── Source material
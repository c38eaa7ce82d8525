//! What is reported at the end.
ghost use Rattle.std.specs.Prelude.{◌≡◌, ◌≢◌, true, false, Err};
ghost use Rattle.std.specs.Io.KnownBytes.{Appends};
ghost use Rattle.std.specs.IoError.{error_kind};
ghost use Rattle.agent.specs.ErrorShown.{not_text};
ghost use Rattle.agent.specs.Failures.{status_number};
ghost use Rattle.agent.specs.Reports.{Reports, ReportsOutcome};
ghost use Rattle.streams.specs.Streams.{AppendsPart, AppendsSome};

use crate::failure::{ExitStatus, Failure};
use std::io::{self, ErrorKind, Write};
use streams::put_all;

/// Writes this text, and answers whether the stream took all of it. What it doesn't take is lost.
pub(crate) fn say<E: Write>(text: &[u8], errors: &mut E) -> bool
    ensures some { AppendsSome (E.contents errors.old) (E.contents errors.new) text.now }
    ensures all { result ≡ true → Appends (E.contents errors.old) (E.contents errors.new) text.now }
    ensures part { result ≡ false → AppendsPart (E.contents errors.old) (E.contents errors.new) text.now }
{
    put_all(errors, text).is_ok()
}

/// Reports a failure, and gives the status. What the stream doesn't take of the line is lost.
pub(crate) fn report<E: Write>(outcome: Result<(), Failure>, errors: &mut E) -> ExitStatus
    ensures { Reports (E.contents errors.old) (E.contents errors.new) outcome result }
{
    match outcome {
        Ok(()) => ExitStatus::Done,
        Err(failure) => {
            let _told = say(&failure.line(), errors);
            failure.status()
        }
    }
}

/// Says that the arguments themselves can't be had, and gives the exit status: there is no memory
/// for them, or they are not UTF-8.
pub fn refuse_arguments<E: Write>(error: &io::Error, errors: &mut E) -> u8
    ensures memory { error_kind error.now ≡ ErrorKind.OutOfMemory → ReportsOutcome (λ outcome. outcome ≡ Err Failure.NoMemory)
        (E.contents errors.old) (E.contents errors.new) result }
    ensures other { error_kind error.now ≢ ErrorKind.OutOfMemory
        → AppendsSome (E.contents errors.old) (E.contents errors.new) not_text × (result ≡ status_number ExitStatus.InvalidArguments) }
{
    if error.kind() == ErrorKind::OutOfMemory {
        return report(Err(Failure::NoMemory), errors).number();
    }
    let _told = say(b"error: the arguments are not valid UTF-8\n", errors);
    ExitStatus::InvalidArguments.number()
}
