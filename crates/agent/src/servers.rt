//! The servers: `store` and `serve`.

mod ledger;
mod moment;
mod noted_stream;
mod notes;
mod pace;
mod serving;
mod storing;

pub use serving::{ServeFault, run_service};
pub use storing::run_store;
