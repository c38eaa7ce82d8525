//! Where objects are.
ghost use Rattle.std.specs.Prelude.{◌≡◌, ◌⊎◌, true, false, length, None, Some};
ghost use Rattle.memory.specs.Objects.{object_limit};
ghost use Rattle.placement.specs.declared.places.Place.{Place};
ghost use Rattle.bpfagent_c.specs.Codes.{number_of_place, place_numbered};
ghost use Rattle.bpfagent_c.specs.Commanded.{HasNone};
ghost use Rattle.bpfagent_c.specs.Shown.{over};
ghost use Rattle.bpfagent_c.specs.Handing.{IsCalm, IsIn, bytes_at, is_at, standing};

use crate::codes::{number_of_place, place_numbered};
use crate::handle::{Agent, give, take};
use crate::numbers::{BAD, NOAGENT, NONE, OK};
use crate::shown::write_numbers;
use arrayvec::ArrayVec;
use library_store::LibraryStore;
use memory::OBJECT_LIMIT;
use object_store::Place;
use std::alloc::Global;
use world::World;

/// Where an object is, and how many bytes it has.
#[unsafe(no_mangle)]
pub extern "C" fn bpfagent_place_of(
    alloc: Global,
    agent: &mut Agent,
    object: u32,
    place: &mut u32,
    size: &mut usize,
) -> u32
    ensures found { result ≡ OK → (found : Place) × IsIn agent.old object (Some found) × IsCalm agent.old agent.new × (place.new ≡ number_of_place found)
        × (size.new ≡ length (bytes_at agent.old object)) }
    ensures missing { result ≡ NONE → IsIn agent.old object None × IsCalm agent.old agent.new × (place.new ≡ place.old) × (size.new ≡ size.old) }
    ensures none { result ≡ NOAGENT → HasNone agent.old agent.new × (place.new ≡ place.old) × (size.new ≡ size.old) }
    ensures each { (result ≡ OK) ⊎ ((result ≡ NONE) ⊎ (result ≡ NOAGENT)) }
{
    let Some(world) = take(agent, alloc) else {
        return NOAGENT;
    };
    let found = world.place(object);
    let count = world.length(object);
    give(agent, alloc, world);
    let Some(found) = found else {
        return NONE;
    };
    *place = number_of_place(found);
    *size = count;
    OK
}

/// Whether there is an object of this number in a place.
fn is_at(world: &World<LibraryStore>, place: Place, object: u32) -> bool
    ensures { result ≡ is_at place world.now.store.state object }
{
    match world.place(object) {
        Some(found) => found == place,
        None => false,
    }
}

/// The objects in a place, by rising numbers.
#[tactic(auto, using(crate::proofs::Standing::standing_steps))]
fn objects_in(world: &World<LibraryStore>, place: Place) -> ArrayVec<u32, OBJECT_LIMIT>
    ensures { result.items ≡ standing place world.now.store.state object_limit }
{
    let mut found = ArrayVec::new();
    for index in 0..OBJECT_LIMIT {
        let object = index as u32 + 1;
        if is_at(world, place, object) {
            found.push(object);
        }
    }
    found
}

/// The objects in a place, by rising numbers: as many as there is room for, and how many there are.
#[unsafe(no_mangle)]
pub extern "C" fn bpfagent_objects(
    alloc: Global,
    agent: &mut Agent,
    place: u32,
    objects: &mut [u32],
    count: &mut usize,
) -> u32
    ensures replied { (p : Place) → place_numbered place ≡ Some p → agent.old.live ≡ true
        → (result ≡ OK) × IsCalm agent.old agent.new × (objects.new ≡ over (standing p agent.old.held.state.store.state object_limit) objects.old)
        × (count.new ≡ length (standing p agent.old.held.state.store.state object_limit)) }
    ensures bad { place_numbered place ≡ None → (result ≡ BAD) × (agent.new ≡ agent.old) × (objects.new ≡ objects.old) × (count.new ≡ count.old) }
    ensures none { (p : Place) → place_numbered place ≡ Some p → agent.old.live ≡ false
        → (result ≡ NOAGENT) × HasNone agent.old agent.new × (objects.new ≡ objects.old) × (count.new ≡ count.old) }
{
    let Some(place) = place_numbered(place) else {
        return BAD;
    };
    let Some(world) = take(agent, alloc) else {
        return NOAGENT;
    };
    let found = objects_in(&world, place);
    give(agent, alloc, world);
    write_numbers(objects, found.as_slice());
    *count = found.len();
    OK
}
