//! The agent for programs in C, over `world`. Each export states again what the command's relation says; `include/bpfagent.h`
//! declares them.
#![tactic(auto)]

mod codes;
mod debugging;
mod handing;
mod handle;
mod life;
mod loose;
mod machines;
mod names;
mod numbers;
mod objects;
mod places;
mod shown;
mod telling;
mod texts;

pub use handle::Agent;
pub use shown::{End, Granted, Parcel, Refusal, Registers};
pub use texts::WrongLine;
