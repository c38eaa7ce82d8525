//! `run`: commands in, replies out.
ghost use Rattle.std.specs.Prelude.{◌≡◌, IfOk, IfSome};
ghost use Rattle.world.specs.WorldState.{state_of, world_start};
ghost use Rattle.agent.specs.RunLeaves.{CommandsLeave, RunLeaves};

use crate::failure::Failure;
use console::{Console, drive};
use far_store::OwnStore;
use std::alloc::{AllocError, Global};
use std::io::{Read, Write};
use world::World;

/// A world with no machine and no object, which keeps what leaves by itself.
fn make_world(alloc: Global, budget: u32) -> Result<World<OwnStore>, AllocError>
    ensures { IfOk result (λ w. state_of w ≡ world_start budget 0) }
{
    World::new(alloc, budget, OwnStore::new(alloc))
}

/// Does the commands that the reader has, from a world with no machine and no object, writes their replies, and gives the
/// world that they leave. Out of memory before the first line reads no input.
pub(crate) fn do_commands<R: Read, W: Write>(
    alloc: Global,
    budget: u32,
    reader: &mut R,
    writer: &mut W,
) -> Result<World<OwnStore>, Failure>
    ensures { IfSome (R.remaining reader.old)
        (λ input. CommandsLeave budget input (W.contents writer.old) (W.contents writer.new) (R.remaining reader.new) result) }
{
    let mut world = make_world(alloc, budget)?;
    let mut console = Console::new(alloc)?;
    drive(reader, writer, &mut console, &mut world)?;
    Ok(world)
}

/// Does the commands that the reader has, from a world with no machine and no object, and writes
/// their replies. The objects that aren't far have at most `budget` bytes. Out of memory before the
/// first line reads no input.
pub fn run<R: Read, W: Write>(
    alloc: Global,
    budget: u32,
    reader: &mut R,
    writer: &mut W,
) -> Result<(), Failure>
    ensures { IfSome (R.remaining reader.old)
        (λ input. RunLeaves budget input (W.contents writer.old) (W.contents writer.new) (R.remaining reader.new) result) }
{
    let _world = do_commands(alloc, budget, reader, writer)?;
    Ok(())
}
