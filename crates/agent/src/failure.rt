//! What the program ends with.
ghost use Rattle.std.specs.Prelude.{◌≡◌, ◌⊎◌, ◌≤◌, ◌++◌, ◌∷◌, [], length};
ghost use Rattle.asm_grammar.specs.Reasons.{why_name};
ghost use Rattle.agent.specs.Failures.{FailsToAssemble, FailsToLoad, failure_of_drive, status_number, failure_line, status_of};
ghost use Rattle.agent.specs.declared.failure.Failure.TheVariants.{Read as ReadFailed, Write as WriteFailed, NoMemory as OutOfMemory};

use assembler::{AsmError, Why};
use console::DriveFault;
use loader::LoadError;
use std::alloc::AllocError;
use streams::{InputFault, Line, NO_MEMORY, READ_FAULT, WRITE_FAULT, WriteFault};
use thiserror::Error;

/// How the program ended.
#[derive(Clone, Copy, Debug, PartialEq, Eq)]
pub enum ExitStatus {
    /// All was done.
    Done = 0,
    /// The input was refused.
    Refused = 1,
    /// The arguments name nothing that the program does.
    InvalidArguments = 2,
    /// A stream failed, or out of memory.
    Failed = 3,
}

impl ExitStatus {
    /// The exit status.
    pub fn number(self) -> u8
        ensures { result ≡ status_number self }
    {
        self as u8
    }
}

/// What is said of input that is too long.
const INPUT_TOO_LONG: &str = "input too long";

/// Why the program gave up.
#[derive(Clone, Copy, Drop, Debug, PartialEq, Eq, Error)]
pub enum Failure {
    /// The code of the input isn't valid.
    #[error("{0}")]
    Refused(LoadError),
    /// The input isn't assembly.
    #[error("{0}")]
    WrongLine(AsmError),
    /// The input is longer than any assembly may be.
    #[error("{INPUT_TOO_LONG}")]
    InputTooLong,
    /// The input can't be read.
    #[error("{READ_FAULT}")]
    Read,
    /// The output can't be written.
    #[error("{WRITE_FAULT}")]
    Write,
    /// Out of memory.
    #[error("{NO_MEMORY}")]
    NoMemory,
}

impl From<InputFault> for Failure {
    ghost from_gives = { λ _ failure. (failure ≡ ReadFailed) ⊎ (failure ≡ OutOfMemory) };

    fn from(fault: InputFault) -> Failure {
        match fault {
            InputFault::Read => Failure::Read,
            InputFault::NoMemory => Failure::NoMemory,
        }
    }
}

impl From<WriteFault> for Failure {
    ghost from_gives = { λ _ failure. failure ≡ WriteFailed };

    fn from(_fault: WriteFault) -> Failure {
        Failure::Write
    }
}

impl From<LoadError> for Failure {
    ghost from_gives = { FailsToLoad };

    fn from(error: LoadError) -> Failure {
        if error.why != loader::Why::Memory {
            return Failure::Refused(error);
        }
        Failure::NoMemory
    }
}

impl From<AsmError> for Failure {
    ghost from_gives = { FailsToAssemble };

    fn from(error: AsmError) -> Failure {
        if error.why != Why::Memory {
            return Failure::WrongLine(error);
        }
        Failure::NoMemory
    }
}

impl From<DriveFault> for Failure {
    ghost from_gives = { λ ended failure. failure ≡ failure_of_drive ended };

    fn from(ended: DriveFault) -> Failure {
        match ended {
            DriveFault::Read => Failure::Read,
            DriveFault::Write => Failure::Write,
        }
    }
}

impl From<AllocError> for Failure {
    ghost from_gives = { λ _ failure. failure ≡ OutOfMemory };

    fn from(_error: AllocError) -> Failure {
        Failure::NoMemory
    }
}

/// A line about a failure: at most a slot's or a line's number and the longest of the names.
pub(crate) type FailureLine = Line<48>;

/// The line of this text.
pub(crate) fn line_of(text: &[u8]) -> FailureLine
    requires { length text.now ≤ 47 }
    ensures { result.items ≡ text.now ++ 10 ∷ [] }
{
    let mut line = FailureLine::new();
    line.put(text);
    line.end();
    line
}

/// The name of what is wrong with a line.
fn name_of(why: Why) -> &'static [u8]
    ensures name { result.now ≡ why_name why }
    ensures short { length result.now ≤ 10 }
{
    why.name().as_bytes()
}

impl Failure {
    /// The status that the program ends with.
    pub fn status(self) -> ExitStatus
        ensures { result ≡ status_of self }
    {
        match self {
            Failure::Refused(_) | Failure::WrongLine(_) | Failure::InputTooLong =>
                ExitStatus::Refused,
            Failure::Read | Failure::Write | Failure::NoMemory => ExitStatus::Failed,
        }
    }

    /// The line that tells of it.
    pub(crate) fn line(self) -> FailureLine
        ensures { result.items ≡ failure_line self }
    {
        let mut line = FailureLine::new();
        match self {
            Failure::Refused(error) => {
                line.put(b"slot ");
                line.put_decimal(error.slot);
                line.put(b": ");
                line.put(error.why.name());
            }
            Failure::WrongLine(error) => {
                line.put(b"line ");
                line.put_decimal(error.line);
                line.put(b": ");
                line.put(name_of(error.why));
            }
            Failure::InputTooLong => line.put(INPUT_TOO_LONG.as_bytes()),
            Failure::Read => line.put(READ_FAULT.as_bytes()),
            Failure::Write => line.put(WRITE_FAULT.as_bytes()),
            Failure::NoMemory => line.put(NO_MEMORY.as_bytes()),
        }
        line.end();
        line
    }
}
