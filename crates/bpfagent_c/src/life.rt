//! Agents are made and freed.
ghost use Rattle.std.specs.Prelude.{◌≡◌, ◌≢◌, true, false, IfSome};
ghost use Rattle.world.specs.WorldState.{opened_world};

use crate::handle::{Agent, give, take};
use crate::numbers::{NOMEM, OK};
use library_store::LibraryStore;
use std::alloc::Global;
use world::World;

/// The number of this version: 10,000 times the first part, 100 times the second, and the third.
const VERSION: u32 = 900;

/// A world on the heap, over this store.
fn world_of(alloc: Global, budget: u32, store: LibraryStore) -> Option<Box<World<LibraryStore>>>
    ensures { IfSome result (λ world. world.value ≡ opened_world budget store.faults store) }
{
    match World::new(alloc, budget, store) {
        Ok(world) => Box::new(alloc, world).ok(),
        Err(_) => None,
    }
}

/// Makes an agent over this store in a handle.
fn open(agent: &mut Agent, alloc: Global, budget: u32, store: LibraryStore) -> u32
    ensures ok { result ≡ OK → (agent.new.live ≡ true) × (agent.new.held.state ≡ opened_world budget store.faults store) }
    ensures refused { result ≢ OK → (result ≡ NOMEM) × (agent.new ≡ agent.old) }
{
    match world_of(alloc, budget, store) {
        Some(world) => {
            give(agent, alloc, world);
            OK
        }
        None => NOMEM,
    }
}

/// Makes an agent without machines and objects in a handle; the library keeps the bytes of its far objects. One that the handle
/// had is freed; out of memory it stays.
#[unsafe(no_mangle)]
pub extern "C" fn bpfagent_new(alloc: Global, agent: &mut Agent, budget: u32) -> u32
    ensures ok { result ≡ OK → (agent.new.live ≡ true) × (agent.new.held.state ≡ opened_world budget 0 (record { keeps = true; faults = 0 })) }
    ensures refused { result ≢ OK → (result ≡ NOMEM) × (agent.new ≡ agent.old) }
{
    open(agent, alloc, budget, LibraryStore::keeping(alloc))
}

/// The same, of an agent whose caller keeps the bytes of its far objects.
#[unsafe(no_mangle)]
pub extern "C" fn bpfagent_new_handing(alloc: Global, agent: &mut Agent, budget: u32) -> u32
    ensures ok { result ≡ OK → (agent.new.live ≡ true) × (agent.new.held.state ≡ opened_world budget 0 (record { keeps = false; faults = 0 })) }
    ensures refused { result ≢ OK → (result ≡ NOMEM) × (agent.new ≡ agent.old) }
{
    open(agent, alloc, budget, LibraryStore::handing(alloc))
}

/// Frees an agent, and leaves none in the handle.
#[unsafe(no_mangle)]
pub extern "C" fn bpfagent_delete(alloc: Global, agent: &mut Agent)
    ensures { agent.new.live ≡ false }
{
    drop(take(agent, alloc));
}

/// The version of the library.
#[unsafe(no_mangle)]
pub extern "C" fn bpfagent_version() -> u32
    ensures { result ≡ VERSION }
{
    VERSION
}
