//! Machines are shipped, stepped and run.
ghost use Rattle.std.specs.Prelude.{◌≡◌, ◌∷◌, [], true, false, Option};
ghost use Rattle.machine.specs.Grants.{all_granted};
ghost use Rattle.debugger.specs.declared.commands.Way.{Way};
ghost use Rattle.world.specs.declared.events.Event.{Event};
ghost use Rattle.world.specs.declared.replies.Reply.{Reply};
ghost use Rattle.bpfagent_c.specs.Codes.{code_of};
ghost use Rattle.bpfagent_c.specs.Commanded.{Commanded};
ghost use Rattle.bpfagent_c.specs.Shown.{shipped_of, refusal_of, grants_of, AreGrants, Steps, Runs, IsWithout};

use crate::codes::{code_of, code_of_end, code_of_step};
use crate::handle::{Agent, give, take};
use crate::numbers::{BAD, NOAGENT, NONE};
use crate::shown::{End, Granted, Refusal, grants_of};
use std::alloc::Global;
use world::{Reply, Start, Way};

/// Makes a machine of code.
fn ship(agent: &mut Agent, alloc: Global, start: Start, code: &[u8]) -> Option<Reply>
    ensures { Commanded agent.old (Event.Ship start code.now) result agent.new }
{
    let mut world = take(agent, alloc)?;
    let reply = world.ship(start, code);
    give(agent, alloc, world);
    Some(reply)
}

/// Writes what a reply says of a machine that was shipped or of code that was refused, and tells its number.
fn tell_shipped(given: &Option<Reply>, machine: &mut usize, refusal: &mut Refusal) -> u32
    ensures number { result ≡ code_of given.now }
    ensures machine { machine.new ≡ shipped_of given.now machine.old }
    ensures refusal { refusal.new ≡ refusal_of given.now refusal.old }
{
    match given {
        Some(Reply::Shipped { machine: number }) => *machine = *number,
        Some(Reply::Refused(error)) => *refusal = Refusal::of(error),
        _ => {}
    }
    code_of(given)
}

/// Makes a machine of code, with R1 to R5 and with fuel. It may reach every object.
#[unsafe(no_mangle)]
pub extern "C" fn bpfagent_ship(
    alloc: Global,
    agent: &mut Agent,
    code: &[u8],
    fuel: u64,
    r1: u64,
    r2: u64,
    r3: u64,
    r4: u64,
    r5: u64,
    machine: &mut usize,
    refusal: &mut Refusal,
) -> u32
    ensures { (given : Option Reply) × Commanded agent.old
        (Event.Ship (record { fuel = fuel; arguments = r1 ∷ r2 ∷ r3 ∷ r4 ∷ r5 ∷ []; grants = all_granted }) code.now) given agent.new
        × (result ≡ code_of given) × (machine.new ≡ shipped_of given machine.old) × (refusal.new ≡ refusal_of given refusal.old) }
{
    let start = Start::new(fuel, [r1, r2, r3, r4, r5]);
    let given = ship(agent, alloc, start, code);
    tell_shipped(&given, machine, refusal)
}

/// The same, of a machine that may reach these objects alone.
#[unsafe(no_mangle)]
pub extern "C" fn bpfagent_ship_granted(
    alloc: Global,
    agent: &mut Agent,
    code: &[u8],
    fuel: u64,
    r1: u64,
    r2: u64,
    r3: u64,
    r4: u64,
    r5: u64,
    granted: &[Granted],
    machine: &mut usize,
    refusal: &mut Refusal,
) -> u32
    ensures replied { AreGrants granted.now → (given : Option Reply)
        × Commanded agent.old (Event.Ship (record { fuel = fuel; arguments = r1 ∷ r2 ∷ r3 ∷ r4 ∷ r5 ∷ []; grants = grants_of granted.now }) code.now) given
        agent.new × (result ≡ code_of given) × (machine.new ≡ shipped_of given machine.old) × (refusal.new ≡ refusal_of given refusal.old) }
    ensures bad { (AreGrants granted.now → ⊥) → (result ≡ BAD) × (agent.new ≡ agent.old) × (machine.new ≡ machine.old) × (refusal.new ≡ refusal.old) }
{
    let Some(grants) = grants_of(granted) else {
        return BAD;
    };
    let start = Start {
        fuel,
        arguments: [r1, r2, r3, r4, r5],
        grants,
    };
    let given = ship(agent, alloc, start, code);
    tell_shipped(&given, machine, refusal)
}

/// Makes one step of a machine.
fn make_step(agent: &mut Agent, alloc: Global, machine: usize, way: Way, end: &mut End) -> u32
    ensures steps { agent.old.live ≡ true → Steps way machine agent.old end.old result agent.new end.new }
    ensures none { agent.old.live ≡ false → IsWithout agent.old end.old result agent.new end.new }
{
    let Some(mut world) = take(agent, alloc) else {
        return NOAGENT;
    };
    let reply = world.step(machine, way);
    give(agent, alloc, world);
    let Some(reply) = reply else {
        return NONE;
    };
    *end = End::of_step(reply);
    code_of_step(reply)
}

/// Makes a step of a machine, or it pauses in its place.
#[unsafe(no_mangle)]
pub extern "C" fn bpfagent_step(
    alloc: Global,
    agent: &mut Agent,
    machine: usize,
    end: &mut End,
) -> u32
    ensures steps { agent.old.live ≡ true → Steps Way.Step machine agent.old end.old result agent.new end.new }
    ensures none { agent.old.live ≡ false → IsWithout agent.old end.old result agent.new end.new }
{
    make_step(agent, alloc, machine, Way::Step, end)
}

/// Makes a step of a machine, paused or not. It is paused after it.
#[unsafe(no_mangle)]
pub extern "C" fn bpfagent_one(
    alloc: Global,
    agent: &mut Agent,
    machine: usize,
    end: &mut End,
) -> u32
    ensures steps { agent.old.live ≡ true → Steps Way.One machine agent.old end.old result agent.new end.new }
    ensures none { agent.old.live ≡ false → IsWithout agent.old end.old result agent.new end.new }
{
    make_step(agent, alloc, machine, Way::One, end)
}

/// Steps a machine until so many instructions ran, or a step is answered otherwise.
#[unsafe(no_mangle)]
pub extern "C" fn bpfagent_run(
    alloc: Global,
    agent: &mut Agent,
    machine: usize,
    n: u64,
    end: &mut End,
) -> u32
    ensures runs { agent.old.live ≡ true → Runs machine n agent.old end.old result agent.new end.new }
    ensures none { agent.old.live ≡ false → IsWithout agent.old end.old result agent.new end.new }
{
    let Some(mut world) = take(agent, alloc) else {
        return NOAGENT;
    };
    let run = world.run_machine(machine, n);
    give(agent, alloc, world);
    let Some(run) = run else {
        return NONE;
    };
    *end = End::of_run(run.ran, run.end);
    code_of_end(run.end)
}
────
From the entries above, give again exactly the lines running from the line with "that the handle" to the line with "bpfagent_new_handing(alloc: Global, agent: &mut"; include both of those lines.

## Solution below
/// Makes an agent without machines and objects in a handle; the library keeps the bytes of its far objects. One that the handle
/// had is freed; out of memory it stays.
#[unsafe(no_mangle)]
pub extern "C" fn bpfagent_new(alloc: Global, agent: &mut Agent, budget: u32) -> u32
    ensures ok { result ≡ OK → (agent.new.live ≡ true) × (agent.new.held.state ≡ opened_world budget 0 (record { keeps = true; faults = 0 })) }
    ensures refused { result ≢ OK → (result ≡ NOMEM) × (agent.new ≡ agent.old) }
{
    open(agent, alloc, budget, LibraryStore::keeping(alloc))
}

/// The same, of an agent whose caller keeps the bytes of its far objects.
#[unsafe(no_mangle)]
pub extern "C" fn bpfagent_new_handing(alloc: Global, agent: &mut Agent, budget: u32) -> u32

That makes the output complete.